WFA 101: Work and Life Integration
Walaupun kita punya 24 jam atau 1440 menit sehari, tak jarang rasanya waktu itu nggak cukup untuk melakukan semua hal. Kerja, transportasi, mengurus rumah dan keluarga, rasanya to-do list terus bertambah. Kamu nggak sendiri dalam menjalankan hal tersebut, lho. Dian Sastrowardoyo aja mengalami rasanya punya beban ganda sebagai ibu bekerja.
Dengan semakin bercampurnya kehidupan personal dengan kerja, kita mesti beradaptasi untuk menjalankan keduanya secara simultan. Begitu pula yang dilakukan Muvers di Sekolah.mu. Inisiatif Work from Anywhere membuat Muvers kerap bekerja sambil melakukan aktivitas lain di rumah maupun di tempat lainnya.
“Work and life balance muncul sekitar 30-40 tahun lalu. Seiring berjalannya waktu, banyak yang men-challenge konsep ini karena seolah-olah semua harus 50:50 antara pekerjaan:keluarga/personal, padahal kenyataannya tidak begitu,” kata Yulia Indrati, Direktur Keluarga Kita, dalam Webinar WFA 101: Work and Life Integration yang diselenggarakan bagi Muvers Sekolah.mu.
Kenyataannya, integrasi kerja dan kehidupan personal juga berarti kita tak bisa mengkotak-kotakan hidup dalam sekat terpisah, apalagi memberi porsi saklek 50:50.

Bagaimana kita bisa menjalankan peran di kehidupan personal dan profesional secara maksimal?
Yulia mengajak Muvers untuk berefleksi satu kunci untuk menjalankan kerja dan kehidupan personal yang terintegrasi. Kita harus punya tujuan hidup yang jelas–atau dampak yang ingin kita hasilkan–sehingga kita dapat menjalankan peran-peran dengan semangat dan passionate. “Kita bisa lihat, punya keresahan apa dan dampak apa yang ingin dihasilkan dari yang kita lakukan selama kita berkontribusi di karier kita, begitu pula dengan apa yang kita lakukan sehari-hari,” tuturnya.

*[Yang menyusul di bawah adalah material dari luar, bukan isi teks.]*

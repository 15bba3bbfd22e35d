// The lock's join and its number for the lock's host: it keeps the padded name and the last number
// itself, and hands them in beside the two answers. c_lock_c has both as C functions. No function asks
// anything of its caller.
// kept: the C interface; lock_join and lock_last take an answer's parts one by one.
#![tactic(auto)]

ghost use Rattle.std.specs.Prelude.{◌≡◌};
ghost use Rattle.c_lock.specs.Host.{label, answer_on, c_join, c_last};

use base_messages::{Label, NAME, Refusal};
use call_lock::{Answer, Lock, LockAnswer};

// A refused join answers this and the refusal's number.
const REFUSED: u32 = 100;

// What a join on the host's name and number answers. A name that is not 16 bytes long is refused.
fn answer_on(name: &[u8], last: u64, camera: Answer, office: Answer) -> LockAnswer
    ensures { result ≡ answer_on name.now last
        camera.entry.label camera.entry.name.now camera.entry.answer
        office.entry.label office.entry.name.now office.entry.answer }
{
    if name.len() != NAME {
        return LockAnswer {
            why: Refusal::WrongLength.number(),
            lock: Lock {
                name: [0; NAME],
                last,
            },
            bit: 0,
        };
    }
    let lock = Lock {
        name: base_messages::padded(name),
        last,
    };
    lock.join(camera, office)
}

// 0 or 1, or 100 plus the refusal's number. Party 0's answer comes first.
pub fn lock_join(
    name: &[u8],
    last: u64,
    kind0: u32,
    name0: &[u8],
    sender0: u32,
    number0: u64,
    answer0: u32,
    kind1: u32,
    name1: &[u8],
    sender1: u32,
    number1: u64,
    answer1: u32,
) -> u32
    ensures { result ≡ c_join name.now last (label kind0 sender0 number0)
        name0.now answer0 (label kind1 sender1 number1) name1.now answer1 }
{
    let camera = Answer {
        label: Label {
            kind: kind0,
            sender: sender0,
            number: number0,
        },
        name: name0,
        answer: answer0,
    };
    let office = Answer {
        label: Label {
            kind: kind1,
            sender: sender1,
            number: number1,
        },
        name: name1,
        answer: answer1,
    };
    let a = answer_on(name, last, camera, office);
    if a.why == 0 { a.bit } else { REFUSED + a.why }
}

// The lock's last number after that join: the joined one, or where it was refused the one handed in.
pub fn lock_last(
    name: &[u8],
    last: u64,
    kind0: u32,
    name0: &[u8],
    sender0: u32,
    number0: u64,
    answer0: u32,
    kind1: u32,
    name1: &[u8],
    sender1: u32,
    number1: u64,
    answer1: u32,
) -> u64
    ensures { result ≡ c_last name.now last (label kind0 sender0 number0)
        name0.now answer0 (label kind1 sender1 number1) name1.now answer1 }
{
    let camera = Answer {
        label: Label {
            kind: kind0,
            sender: sender0,
            number: number0,
        },
        name: name0,
        answer: answer0,
    };
    let office = Answer {
        label: Label {
            kind: kind1,
            sender: sender1,
            number: number1,
        },
        name: name1,
        answer: answer1,
    };
    let after = answer_on(name, last, camera, office);
    after.lock.last
}
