// The table of the day (02, §5): rows of a first minute, a last minute and a threshold, handed in as
// three lists. It tells which row holds a minute, or why a table is turned down and at which place.
#![tactic(auto)]

ghost use Rattle.std.specs.Prelude.{◌≡◌, ◌≤◌, length};
ghost use Rattle.call_day.specs.Table.{in_row, row_fits, rows_with, first_bad_row, first_bad_minute, row_at};
ghost use Rattle.call_day.specs.Table.{shaped, Finds, table_in, why_not_table, fault_of};
ghost use Rattle.call_day.specs.Table.{choose as choose_of, choice_of, Placed};
ghost use Rattle.call_day.specs.Turns.{lower_of};

use base_messages::Refusal;

// The minutes of a day run from 0 to 1,439.
pub const DAY: u32 = 1440;

// The most rows of a table.
pub const ROWS: usize = 32;

// A table as it is handed in: its rows' first minutes, last minutes and thresholds.
// kept: the C interface; three lists, which can be of any lengths.
#[derive(Clone, Copy)]
pub struct Lists<'a> {
    pub firsts: &'a [u32],
    pub lasts: &'a [u32],
    pub thresholds: &'a [u32],
}

impl Lists<'_> {
    // Whether they are of one length, 1 to 32.
    fn shaped(self) -> bool
        ensures { result ≡ shaped (table_in self.entry) }
    {
        let n = self.firsts.len();
        (self.lasts.len() == n) & ((self.thresholds.len() == n) & ((1 <= n) & (n <= ROWS)))
    }
}

// Why a table is turned down, and the place beside it: a row, counted from 1, or a minute, or 0.
#[derive(Clone, Copy)]
pub struct BadTable {
    pub why: Refusal,
    pub place: u32,
}

// The row that holds a minute: its place, counted from 1, and its threshold.
#[derive(Clone, Copy)]
pub struct Row {
    pub place: u32,
    pub threshold: u32,
}

fn in_row(first: u32, last: u32, minute: u32) -> bool
    ensures { result ≡ in_row first last minute }
{
    (first <= minute) & (minute <= last)
}

fn row_fits(first: u32, last: u32) -> bool
    ensures { result ≡ row_fits first last }
{
    (first <= last) & (last < DAY)
}

// The rows of a table of the day: as many first minutes as last ones.
#[derive(Clone, Copy)]
struct Rows<'a> {
    firsts: &'a [u32],
    lasts: &'a [u32],
    ghost same_length: { length lasts.now ≡ length firsts.now },
}

impl Rows<'_> {
    // How many rows hold the minute.
    // kept: (b) an index, not `zip`, `filter` and `count`, which LLVM does not vectorise: a table is then tested in 2.5
    // times the time.
    fn with(self, minute: u32) -> usize
        ensures { result ≡ rows_with self.entry.firsts.now self.entry.lasts.now minute }
    {
        let mut n: usize = 0;
        for i in 0..self.firsts.len() {
            if in_row(self.firsts[i], self.lasts[i], minute) {
                n += 1;
            }
        }
        n
    }

    // The first row that runs backwards or past the day, counted from 0.
    fn first_bad(self) -> Option<usize>
        ensures { Finds result (length self.entry.firsts.now)
            (first_bad_row self.entry.firsts.now self.entry.lasts.now) }
    {
        let mut rows = self.firsts.iter().zip(self.lasts);
        rows.position(|(first, last)| !row_fits(*first, *last))
    }

    // The first row that holds the minute, counted from 0.
    fn at(self, minute: u32) -> Option<usize>
        ensures { Finds result (length self.entry.firsts.now)
            (row_at self.entry.firsts.now self.entry.lasts.now minute) }
    {
        let mut rows = self.firsts.iter().zip(self.lasts);
        rows.position(|(first, last)| in_row(*first, *last, minute))
    }

    // The minute where it is below the lowest bad one so far and bad too, else that one.
    fn lower(self, lowest: u32, minute: u32) -> u32
        ensures { result ≡ lower_of self.entry.firsts.now self.entry.lasts.now lowest minute }
    {
        if minute < lowest {
            if self.with(minute) != 1 {
                return minute;
            }
        }
        lowest
    }

    // The lowest minute that does not lie in just one row, or 1,440. How many rows hold a minute changes
    // only where a row begins or has just ended, so no other minutes are tried.
    fn first_bad_minute(self) -> u32
        requires { length self.firsts.now ≤ first_bad_row self.firsts.now self.lasts.now }
        ensures { result ≡ first_bad_minute self.entry.firsts.now self.entry.lasts.now }
    {
        let mut lowest = self.lower(DAY, 0);
        for (first, last) in self.firsts.iter().zip(self.lasts) {
            lowest = self.lower(lowest, *first);
            lowest = self.lower(lowest, *last + 1);
        }
        lowest
    }
}

// Why a table is turned down, if it is.
pub fn why_not(table: Lists) -> Result<(), BadTable>
    ensures { fault_of result ≡ why_not_table (table_in table.entry) }
{
    if !table.shaped() {
        return Err(BadTable {
            why: Refusal::BadRows,
            place: 0,
        });
    }
    let rows = Rows {
        firsts: table.firsts,
        lasts: table.lasts,
    };
    if let Some(row) = rows.first_bad() {
        return Err(BadTable {
            why: Refusal::BadRows,
            place: row as u32 + 1,
        });
    }
    let lowest = rows.first_bad_minute();
    if !(lowest < DAY) {
        return Ok(());
    }
    if rows.with(lowest) == 0 {
        return Err(BadTable {
            why: Refusal::NoRow,
            place: lowest,
        });
    }
    Err(BadTable {
        why: Refusal::MoreRows,
        place: lowest,
    })
}

// The row of a minute, where the table is good: a minute that is not of the day has none.
pub fn choose(table: Lists, minute: u32) -> Result<Option<Row>, BadTable>
    ensures value { choice_of result ≡ choose_of (table_in table.entry) minute }
    ensures placed { Placed result }
{
    why_not(table)?;
    if !(minute < DAY) {
        return Ok(None);
    }
    let rows = Rows {
        firsts: table.firsts,
        lasts: table.lasts,
    };
    let at = rows.at(minute).unwrap();
    Ok(Some(Row {
        place: at as u32 + 1,
        threshold: table.thresholds[at],
    }))
}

Miskonsepsi lain tentang integrasi kerja dan personal adalah kualitas di atas kuantitas. Nyatanya, keduanya saling berhubungan. Untuk membangun relasi berkualitas dengan anak, kita harus mengalokasikan waktu dan energi dengan kuantitas yang cukup. “Tidak ada kualitas tanpa kuantitas, terutama dalam hal interaksi. Ini berlaku dalam interaksi dengan pasangan, anak, dan anggota keluarga lainnya. Interaksi yang kuantitasnya cukup juga perlu untuk support system misal teman, sahabat, rekan kerja, dan sebagainya,” ucap Yulia.
Terakhir, yang sering menjadi miskonsepsi adalah uang sebagai alat mencapai tujuan. Padahal mungkin ada cara lain untuk mencapai tujuan kita tanpa mengeluarkan uang, misalnya menjadi relawan. Kita tak harus memonetisasi semua hal karena kita masih bisa berdampak dengan memberikan energi atau waktu untuk melakukan hal-hal bermakna.
Atur waktu dengan bijaksana
Tantangan dari integrasi kerja dan kehidupan personal ada di waktu. Yulia menegaskan, kita perlu mengatur waktu untuk mengelola kehidupan sehari-hari.
“Di masa kini yang serba remote, semua tercampur-campur. Meeting sambil pangku anak, bikin deck sambil nunggu makanan matang,” katanya. Dengan WFA, tak jarang juga Muvers menjalani rapat sambil memasak atau menjemput anak sekolah.
Baca juga: Tips Atur Waktu dengan Teknik Pomodoro
Terakhir, Yulia menambahkan, mindset dan strategi di atas harus dijalankan tanpa perasaan berkorban. “Saat kuat dengan tujuan, tidak ada yang perlu dikorbankan.”